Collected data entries
===
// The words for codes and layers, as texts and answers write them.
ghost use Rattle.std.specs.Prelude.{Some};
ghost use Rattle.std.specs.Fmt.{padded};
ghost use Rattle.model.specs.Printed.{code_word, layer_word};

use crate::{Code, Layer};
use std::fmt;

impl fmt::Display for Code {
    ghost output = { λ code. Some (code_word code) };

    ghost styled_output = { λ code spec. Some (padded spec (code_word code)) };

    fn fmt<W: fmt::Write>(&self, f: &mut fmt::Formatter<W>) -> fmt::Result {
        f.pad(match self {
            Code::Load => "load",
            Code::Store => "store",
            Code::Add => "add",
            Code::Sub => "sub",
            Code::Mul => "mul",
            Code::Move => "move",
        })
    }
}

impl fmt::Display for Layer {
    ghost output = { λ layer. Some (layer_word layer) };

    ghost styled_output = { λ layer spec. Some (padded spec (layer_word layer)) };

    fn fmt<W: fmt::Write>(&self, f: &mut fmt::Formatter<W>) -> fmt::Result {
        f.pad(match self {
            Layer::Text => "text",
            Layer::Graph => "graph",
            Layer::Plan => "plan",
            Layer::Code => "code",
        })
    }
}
===
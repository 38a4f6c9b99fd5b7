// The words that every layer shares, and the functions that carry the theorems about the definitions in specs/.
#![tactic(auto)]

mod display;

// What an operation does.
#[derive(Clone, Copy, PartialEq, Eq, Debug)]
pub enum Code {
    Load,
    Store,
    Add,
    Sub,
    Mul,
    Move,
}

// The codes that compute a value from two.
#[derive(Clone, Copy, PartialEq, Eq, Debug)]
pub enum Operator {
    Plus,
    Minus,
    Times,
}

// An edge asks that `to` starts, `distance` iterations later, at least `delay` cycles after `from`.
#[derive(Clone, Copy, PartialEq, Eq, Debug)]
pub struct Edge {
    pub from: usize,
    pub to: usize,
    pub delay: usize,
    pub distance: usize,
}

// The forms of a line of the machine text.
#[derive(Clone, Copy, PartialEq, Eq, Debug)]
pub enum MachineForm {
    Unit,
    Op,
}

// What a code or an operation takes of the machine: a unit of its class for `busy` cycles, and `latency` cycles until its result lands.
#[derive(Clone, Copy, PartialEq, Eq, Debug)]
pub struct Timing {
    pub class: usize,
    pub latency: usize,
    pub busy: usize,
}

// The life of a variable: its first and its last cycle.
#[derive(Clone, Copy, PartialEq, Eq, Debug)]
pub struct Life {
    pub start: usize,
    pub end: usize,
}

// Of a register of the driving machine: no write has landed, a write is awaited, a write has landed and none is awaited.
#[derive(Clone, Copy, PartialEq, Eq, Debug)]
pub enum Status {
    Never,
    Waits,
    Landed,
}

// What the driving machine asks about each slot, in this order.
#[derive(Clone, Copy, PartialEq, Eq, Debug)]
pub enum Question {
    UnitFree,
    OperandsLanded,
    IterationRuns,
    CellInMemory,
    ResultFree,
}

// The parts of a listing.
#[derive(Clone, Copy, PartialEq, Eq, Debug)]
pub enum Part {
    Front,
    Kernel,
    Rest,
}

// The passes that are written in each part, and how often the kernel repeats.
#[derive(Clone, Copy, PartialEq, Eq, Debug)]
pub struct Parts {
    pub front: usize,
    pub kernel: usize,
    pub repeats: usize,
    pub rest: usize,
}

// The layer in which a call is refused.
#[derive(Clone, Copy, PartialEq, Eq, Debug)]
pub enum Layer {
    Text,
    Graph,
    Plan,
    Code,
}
===
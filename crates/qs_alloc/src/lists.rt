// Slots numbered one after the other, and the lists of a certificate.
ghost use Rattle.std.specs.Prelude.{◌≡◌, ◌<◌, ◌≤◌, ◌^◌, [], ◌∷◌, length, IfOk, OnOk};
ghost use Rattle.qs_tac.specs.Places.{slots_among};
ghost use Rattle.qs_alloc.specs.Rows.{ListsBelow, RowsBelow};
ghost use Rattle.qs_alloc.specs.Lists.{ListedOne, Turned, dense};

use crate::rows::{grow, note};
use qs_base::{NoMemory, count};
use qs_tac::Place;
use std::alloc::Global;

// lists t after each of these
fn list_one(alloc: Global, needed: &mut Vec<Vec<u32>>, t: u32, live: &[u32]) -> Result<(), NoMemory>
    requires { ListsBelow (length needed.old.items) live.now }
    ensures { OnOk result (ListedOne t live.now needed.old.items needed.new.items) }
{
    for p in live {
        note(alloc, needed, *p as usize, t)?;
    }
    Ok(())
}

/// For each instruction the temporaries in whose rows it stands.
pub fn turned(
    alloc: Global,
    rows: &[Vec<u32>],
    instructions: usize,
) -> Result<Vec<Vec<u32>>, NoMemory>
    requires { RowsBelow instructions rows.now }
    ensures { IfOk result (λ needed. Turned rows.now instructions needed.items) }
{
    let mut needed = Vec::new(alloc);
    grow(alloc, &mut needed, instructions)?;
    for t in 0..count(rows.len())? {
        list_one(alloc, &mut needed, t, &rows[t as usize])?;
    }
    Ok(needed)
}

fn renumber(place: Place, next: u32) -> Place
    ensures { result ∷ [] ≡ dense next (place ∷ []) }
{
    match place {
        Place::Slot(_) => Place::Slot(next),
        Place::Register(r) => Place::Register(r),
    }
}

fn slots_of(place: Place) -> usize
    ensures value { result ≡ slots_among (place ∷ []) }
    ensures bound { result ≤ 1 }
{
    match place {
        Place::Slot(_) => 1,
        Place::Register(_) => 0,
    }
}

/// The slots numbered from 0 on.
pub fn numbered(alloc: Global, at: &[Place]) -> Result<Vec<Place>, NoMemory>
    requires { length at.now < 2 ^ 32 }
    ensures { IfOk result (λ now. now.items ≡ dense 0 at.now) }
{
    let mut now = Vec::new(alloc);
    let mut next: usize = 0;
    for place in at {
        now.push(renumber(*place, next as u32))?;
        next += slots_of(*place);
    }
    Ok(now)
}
===
#### Task to complete
Take the line above containing "answers write them.", the line containing "use std::fmt;", and all lines in between, and copy them exactly without anything else.

#### Response to this exercise
// The words for codes and layers, as texts and answers write them.
ghost use Rattle.std.specs.Prelude.{Some};
ghost use Rattle.std.specs.Fmt.{padded};
ghost use Rattle.model.specs.Printed.{code_word, layer_word};

use crate::{Code, Layer};
use std::fmt;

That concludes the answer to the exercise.